Przybywa ośrodków dla dzieci i młodzieży z problemami zdrowia psychicznego. Jednak z rozbudową systemu opieki psychiatrycznej postępuje też pogorszenie kondycji psychicznej tej grupy wiekowej. Zdaniem dr Aleksandy Lewandowskiej w Polsce brakuje profilaktyki zaburzeń psychicznych. W efekcie wiele osób nie wie, gdzie szukać specjalistycznej pomocy.
Co piąte dziecko i co piąty nastolatek w Polsce boryka się z trudnościami emocjonalnymi i psychicznymi.
Jak informuje dr Aleksandra Lewandowska, konsultant krajowa w dziedzinie psychiatrii dzieci i młodzieży, oprócz placówek opieki środowiskowej, działających już praktycznie w każdym powiecie, rośnie też liczba oddziałów dziennych i poradni zdrowia psychicznego. Zdaniem ekspertki na każdym z poziomów opieki psychiatrycznej przybywa miejsc opieki psychologicznej oraz psychiatrycznej i natychmiast zapełniają się one młodymi pacjentami.
Alarmujące dane
– W całej Polsce mamy ponad 500 podmiotów opieki środowiskowej. Takie placówki działają już praktycznie w każdym powiecie, w niektórych – tych większych – uruchomiono ich więcej niż jedną. Rośnie też liczba oddziałów dziennych i poradni zdrowia psychicznego. W miarę potrzeb zwiększa się liczbę miejsc na oddziałach stacjonarnych, między innymi na początku tego roku powstał kolejny oddział psychiatryczny dla dzieci i młodzieży w Centrum Zdrowia Dziecka w Warszawie – powiedziała dr Lewandowska.

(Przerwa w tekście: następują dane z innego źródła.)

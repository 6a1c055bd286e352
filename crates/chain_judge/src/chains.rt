//! All transactions of a log.
ghost use Rattle.std.specs.Prelude.{◌≡◌, ◌↔◌, ◌==◌, ◌+◌, [], ◌∷◌, ◌++◌, ℕ, List, length, Some, true, false, IsTrue, OnOk, if◌then◌else◌, is_some, vec_len, vec_capacity, ◌<◌};
ghost use Rattle.std.specs.Ordering.{nat_cmp};
ghost use Rattle.std.specs.BTreeMap.{get};
ghost use Rattle.std.specs.List.{list_any};
ghost use Rattle.store_model.specs.Lists.{last_of};
ghost use Rattle.wal_record.specs.Chains.{Link};
ghost use Rattle.wal_record.specs.OpenWrites.{IsAlone, has_items, open_writes, opens, without_last};
ghost use Rattle.wal_record.specs.Sound.{LinkRule, UndoRule};
ghost use Rattle.wal_record.specs.declared.record.Record.{Record};
ghost use Rattle.chain_judge.specs.Chains.{AreChainsOf, HasRoom, IsReady, TakesLast, is_at_key, is_in, last_in, writes_in};

use crate::chain::{
    Chain, OpenChange, any_of, change_of_apply, change_of_write, is_last_undone, take_last,
};
use std::alloc::Global;
use std::collections::BTreeMap;
use store_model::{Key, Lsn, Memory, TxId};
use wal_record::{Record, Undo};

/// Where the transactions of a log stand.
#[derive(Drop)]
pub struct Chains {
    alloc: Global,
    /// Those that have neither a Commit nor an End.
    running: BTreeMap<TxId, Chain>,
    /// Whether a transaction has one; one without a place here hasn't.
    over: BTreeMap<TxId, bool>,
}

fn push(writes: &mut Vec<OpenChange>, change: OpenChange)
    requires { vec_len writes.old < vec_capacity writes.old }
    ensures { writes.new.items ≡ writes.old.items ++ change ∷ [] }
{
    match writes.push(change) {
        Ok(()) => {}
        Err(_) => unreachable!(),
    }
}

/// Makes room for one more open write of the transaction. Each one stands where it stood.
fn make_room(alloc: Global, running: &mut BTreeMap<TxId, Chain>, tx: TxId) -> Result<(), Memory>
    ensures same { (t : ℕ) → (last_in running.new t ≡ last_in running.old t) × (writes_in running.new t ≡ writes_in running.old t) }
    ensures room { OnOk result (HasRoom running.new tx) }
{
    if let Some(chain) = running.get_mut(&tx) {
        chain.writes.reserve(1)?;
        return Ok(());
    }
    let writes = Vec::with_capacity(alloc, 1)?;
    running.insert(tx, Chain { last: 0, writes })?;
    Ok(())
}

/// A record of the transaction opens a write.
fn open(running: &mut BTreeMap<TxId, Chain>, tx: TxId, lsn: Lsn, change: OpenChange)
    requires { HasRoom running.old tx }
    ensures { (t : ℕ) → (last_in running.new t ≡ (if tx == t then lsn else last_in running.old t)) × (writes_in running.new t ≡ (if tx == t then writes_in running.old t ++ change ∷ [] else writes_in running.old t)) }
{
    match running.get_mut(&tx) {
        Some(chain) => {
            chain.last = lsn;
            push(&mut chain.writes, change);
        }
        None => unreachable!(),
    }
}

/// A record of the transaction takes its last open write back.
fn take_back(running: &mut BTreeMap<TxId, Chain>, tx: TxId, lsn: Lsn)
    requires { HasRoom running.old tx }
    ensures { (t : ℕ) → (last_in running.new t ≡ (if tx == t then lsn else last_in running.old t)) × (writes_in running.new t ≡ (if tx == t then without_last (writes_in running.old t) else writes_in running.old t)) }
{
    match running.get_mut(&tx) {
        Some(chain) => {
            chain.last = lsn;
            take_last(&mut chain.writes);
        }
        None => unreachable!(),
    }
}

/// The transaction is under way no more.
fn drop_chain(running: &mut BTreeMap<TxId, Chain>, tx: TxId)
    ensures last { (t : ℕ) → last_in running.new t ≡ (if tx == t then 0 else last_in running.old t) }
    ensures writes { (t : ℕ) → writes_in running.new t ≡ (if tx == t then [] else writes_in running.old t) }
{
    running.remove(&tx);
}

/// Makes a place for the transaction among those that may be over. Each one is over where it was.
fn make_place(over: &mut BTreeMap<TxId, bool>, tx: TxId) -> Result<(), Memory>
    ensures same { (t : ℕ) → is_in over.new t ≡ is_in over.old t }
    ensures there { OnOk result (IsTrue (is_some (get nat_cmp over.new tx))) }
{
    if over.contains_key(&tx) {
        return Ok(());
    }
    over.insert(tx, false)?;
    Ok(())
}

/// The transaction, which has a place, is over.
fn put_over(over: &mut BTreeMap<TxId, bool>, tx: TxId)
    requires { IsTrue (is_some (get nat_cmp over.old tx)) }
    ensures { (t : ℕ) → is_in over.new t ≡ (if tx == t then true else is_in over.old t) }
{
    match over.insert(tx, true) {
        Ok(_) => {}
        Err(_) => unreachable!(),
    }
}

fn last_in(running: &BTreeMap<TxId, Chain>, tx: TxId) -> Lsn
    ensures { result ≡ last_in running.now tx }
{
    match running.get(&tx) {
        Some(chain) => chain.last,
        None => 0,
    }
}

fn is_in(over: &BTreeMap<TxId, bool>, tx: TxId) -> bool
    ensures { result ≡ is_in over.now tx }
{
    match over.get(&tx) {
        Some(over) => *over,
        None => false,
    }
}

fn count_in(running: &BTreeMap<TxId, Chain>, tx: TxId) -> usize
    ensures { result ≡ length (writes_in running.now tx) }
{
    match running.get(&tx) {
        Some(chain) => chain.writes.len(),
        None => 0,
    }
}

fn opens_in(running: &BTreeMap<TxId, Chain>, tx: TxId, key: &Key) -> bool
    ensures { result ≡ list_any (is_at_key key.now) (writes_in running.now tx) }
{
    match running.get(&tx) {
        Some(chain) => any_of(&chain.writes, key),
        None => false,
    }
}

fn takes_last_in(running: &BTreeMap<TxId, Chain>, undo: &Undo) -> bool
    ensures { IsTrue result ↔ TakesLast undo.now (last_of (writes_in running.now undo.now.tx)) }
{
    match running.get(&undo.tx) {
        Some(chain) => is_last_undone(&chain.writes, undo),
        None => false,
    }
}

/// Whether no other transaction that is under way has an open write of the key.
fn none_opens_in(running: &BTreeMap<TxId, Chain>, key: &Key, tx: TxId) -> bool
    ensures yes { IsTrue result → (t : ℕ) → (t ≡ tx → ⊥) → list_any (is_at_key key.now) (writes_in running.now t) ≡ false }
    ensures no { ((t : ℕ) → (t ≡ tx → ⊥) → list_any (is_at_key key.now) (writes_in running.now t) ≡ false) → IsTrue result }
{
    for (other, _chain) in running {
        if *other != tx && opens_in(running, *other, key) {
            return false;
        }
    }
    true
}

impl Chains {
    /// Those of an empty log.
    pub fn new(alloc: Global) -> Chains
        ensures { AreChainsOf [] result }
    {
        Chains {
            alloc,
            running: BTreeMap::new(alloc),
            over: BTreeMap::new(alloc),
        }
    }

    /// Whether this is the LSN that was noted last of the transaction.
    fn is_last(&self, tx: TxId, prev: Lsn) -> bool
        ensures { IsTrue result ↔ (prev ≡ last_in self.now.running tx) }
    {
        prev == last_in(&self.running, tx)
    }

    /// Whether this is the LSN of the transaction's last record, and it has no Commit and no End.
    pub fn is_linked(&self, tx: TxId, prev: Lsn) -> bool
        ensures { (log : List Record) → AreChainsOf log self.now → IsTrue result ↔ LinkRule log (Some (record { tx = tx; prev = prev })) }
    {
        !is_in(&self.over, tx) && self.is_last(tx, prev)
    }

    /// Whether no other transaction has an open write of the key.
    pub fn is_alone(&self, key: &Key, tx: TxId) -> bool
        ensures { (log : List Record) → AreChainsOf log self.now → IsTrue result ↔ IsAlone log key.now tx }
    {
        none_opens_in(&self.running, key, tx)
    }

    /// Whether the undo takes back the last open write of its transaction.
    pub fn takes_back(&self, undo: &Undo) -> bool
        ensures { (log : List Record) → AreChainsOf log self.now → IsTrue result ↔ UndoRule (open_writes log undo.now.tx) undo.now }
    {
        takes_last_in(&self.running, undo)
    }

    /// How many open writes the transaction has.
    pub fn open_count(&self, tx: TxId) -> usize
        ensures { (log : List Record) → AreChainsOf log self.now → result ≡ length (open_writes log tx) }
    {
        count_in(&self.running, tx)
    }

    fn prepare_running(&mut self, tx: TxId) -> Result<(), Memory>
        ensures same { (log : List Record) → AreChainsOf log self.old → AreChainsOf log self.new }
        ensures ready { OnOk result (HasRoom self.new.running tx) }
    {
        make_room(self.alloc, &mut self.running, tx)
    }

    fn prepare_over(&mut self, tx: TxId) -> Result<(), Memory>
        ensures same { (log : List Record) → AreChainsOf log self.old → AreChainsOf log self.new }
        ensures ready { OnOk result (IsTrue (is_some (get nat_cmp self.new.over tx))) }
    {
        make_place(&mut self.over, tx)
    }

    /// Makes room for a record. Nothing else changes.
    pub fn prepare(&mut self, entered: &Record) -> Result<(), Memory>
        ensures same { (log : List Record) → AreChainsOf log self.old → AreChainsOf log self.new }
        ensures ready { OnOk result (IsReady entered.now self.new) }
    {
        match entered {
            Record::Write(write) => self.prepare_running(write.tx),
            Record::Apply(apply) => self.prepare_running(apply.tx),
            Record::Undo(undo) => self.prepare_running(undo.tx),
            Record::Commit(commit) => self.prepare_over(commit.tx),
            Record::End(end) => self.prepare_over(end.tx),
            _ => Ok(()),
        }
    }

    fn note_open(&mut self, tx: TxId, lsn: Lsn, change: OpenChange)
        requires { HasRoom self.old.running tx }
        ensures kept { (t : ℕ) → (last_in self.new.running t ≡ (if tx == t then lsn else last_in self.old.running t)) × (writes_in self.new.running t ≡ (if tx == t then writes_in self.old.running t ++ change ∷ [] else writes_in self.old.running t)) }
        ensures over { self.new.over ≡ self.old.over }
    {
        open(&mut self.running, tx, lsn, change);
    }

    fn note_undo(&mut self, tx: TxId, lsn: Lsn)
        requires { HasRoom self.old.running tx }
        ensures kept { (t : ℕ) → (last_in self.new.running t ≡ (if tx == t then lsn else last_in self.old.running t)) × (writes_in self.new.running t ≡ (if tx == t then without_last (writes_in self.old.running t) else writes_in self.old.running t)) }
        ensures over { self.new.over ≡ self.old.over }
    {
        take_back(&mut self.running, tx, lsn);
    }

    fn note_over(&mut self, tx: TxId)
        requires { IsTrue (is_some (get nat_cmp self.old.over tx)) }
        ensures last { (t : ℕ) → last_in self.new.running t ≡ (if tx == t then 0 else last_in self.old.running t) }
        ensures writes { (t : ℕ) → writes_in self.new.running t ≡ (if tx == t then [] else writes_in self.old.running t) }
        ensures over { (t : ℕ) → is_in self.new.over t ≡ (if tx == t then true else is_in self.old.over t) }
    {
        put_over(&mut self.over, tx);
        drop_chain(&mut self.running, tx);
    }

    /// The next record, with this LSN. It takes no memory.
    pub fn note(&mut self, lsn: Lsn, entered: &Record)
        requires ready { IsReady entered.now self.old }
        ensures { (log : List Record) → AreChainsOf log self.old → lsn ≡ length log + 1 → AreChainsOf (log ++ entered.now ∷ []) self.new }
    {
        match entered {
            Record::Write(write) => self.note_open(write.tx, lsn, change_of_write(write)),
            Record::Apply(apply) => self.note_open(apply.tx, lsn, change_of_apply(apply)),
            Record::Undo(undo) => self.note_undo(undo.tx, lsn),
            Record::Commit(commit) => self.note_over(commit.tx),
            Record::End(end) => self.note_over(end.tx),
            _ => {}
        }
    }
}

Ale jednocześnie z rozbudową systemu opieki psychiatrycznej dla dzieci i młodzieży postępuje też pogorszenie kondycji psychicznej tej grupy wiekowej. Zjawisko ma szeroki zakres i dotyczy nie tylko Polski. Z danych Światowej Organizacji Zdrowia, przytoczonych przez dr Lewandowską, wynika, iż w ubiegłym roku z kryzysem zdrowia psychicznego mierzyła się co siódma osoba niepełnoletnia.